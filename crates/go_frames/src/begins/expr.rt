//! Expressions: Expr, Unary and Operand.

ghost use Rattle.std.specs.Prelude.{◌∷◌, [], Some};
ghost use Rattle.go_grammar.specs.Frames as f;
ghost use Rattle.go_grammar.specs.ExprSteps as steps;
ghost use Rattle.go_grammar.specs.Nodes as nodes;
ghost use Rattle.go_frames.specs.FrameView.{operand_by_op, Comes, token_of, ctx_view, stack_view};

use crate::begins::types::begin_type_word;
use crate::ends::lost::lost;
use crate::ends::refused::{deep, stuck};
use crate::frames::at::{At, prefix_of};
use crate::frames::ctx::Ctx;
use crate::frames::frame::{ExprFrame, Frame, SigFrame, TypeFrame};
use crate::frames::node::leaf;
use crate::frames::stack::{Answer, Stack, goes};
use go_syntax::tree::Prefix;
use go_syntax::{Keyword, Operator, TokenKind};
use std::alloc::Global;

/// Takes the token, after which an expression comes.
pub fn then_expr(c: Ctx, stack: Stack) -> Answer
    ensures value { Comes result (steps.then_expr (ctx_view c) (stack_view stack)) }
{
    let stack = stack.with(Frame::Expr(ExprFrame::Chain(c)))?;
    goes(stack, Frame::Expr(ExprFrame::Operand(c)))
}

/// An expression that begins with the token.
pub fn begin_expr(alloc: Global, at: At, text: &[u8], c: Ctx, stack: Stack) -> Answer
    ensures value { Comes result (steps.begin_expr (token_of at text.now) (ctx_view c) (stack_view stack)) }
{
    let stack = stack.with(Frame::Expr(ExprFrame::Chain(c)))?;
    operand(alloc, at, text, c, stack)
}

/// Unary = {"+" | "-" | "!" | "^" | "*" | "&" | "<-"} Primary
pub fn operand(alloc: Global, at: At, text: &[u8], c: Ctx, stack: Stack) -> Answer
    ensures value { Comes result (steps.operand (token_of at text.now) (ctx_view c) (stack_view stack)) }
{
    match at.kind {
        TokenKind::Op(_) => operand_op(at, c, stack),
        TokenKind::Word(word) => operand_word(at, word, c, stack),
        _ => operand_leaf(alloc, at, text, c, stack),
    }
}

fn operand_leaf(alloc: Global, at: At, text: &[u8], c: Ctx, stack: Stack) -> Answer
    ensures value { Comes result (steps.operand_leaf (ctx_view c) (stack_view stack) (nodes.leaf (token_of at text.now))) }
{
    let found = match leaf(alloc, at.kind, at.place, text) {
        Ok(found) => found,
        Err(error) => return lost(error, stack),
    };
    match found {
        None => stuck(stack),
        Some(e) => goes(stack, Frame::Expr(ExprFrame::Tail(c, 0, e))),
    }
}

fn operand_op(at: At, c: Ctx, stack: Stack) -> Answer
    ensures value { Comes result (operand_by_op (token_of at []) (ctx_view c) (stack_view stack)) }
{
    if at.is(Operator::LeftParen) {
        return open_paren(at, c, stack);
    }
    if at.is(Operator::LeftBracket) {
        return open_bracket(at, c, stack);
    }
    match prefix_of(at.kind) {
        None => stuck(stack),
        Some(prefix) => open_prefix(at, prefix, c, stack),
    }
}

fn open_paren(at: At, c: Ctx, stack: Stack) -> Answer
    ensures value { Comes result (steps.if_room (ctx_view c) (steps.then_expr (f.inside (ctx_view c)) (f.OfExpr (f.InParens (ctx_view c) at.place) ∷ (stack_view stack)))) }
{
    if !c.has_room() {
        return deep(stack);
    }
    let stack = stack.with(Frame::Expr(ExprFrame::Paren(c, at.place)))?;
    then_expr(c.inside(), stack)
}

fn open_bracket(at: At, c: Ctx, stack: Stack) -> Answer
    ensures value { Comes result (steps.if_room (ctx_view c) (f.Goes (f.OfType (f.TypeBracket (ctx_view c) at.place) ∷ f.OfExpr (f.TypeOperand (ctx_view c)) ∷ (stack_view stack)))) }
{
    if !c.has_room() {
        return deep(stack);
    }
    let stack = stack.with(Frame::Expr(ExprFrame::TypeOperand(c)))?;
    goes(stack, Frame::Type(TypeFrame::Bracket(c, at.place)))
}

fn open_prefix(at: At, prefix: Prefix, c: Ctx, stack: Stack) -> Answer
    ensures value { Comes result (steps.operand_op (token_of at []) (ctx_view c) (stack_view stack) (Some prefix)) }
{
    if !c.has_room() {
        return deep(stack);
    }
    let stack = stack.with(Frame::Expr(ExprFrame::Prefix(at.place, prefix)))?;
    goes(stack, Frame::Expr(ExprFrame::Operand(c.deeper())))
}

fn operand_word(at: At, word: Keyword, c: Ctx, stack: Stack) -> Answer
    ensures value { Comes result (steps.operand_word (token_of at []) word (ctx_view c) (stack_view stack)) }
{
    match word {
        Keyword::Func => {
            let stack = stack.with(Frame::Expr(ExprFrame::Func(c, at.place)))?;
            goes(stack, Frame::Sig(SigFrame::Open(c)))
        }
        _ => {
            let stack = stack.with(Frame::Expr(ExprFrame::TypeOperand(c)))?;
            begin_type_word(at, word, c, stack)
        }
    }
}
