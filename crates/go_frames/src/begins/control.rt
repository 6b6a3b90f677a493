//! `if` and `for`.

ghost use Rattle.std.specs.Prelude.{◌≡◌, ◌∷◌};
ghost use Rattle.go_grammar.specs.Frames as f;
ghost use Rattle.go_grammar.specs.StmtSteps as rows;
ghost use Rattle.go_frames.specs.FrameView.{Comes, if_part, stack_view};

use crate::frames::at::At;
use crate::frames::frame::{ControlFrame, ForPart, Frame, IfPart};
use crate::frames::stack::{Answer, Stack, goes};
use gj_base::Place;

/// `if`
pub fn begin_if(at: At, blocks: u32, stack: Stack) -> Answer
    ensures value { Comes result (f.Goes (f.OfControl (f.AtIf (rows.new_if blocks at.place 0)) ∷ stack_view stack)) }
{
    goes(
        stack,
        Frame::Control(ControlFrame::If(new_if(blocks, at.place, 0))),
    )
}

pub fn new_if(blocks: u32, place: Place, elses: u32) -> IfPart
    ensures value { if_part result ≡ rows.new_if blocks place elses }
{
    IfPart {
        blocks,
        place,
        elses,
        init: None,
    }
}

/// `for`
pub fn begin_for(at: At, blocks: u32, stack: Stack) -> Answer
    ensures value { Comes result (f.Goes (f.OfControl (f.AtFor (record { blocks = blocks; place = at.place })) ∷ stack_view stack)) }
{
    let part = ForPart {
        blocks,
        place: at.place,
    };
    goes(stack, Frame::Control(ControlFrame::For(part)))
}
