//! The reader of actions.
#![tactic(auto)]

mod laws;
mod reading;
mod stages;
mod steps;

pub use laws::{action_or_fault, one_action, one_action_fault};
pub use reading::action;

• _ASSIGNMENT_: Return the count of lines in the entries above that include the word "filename", without any added text.

• _ANSWER TO THIS EXERCISE_: 2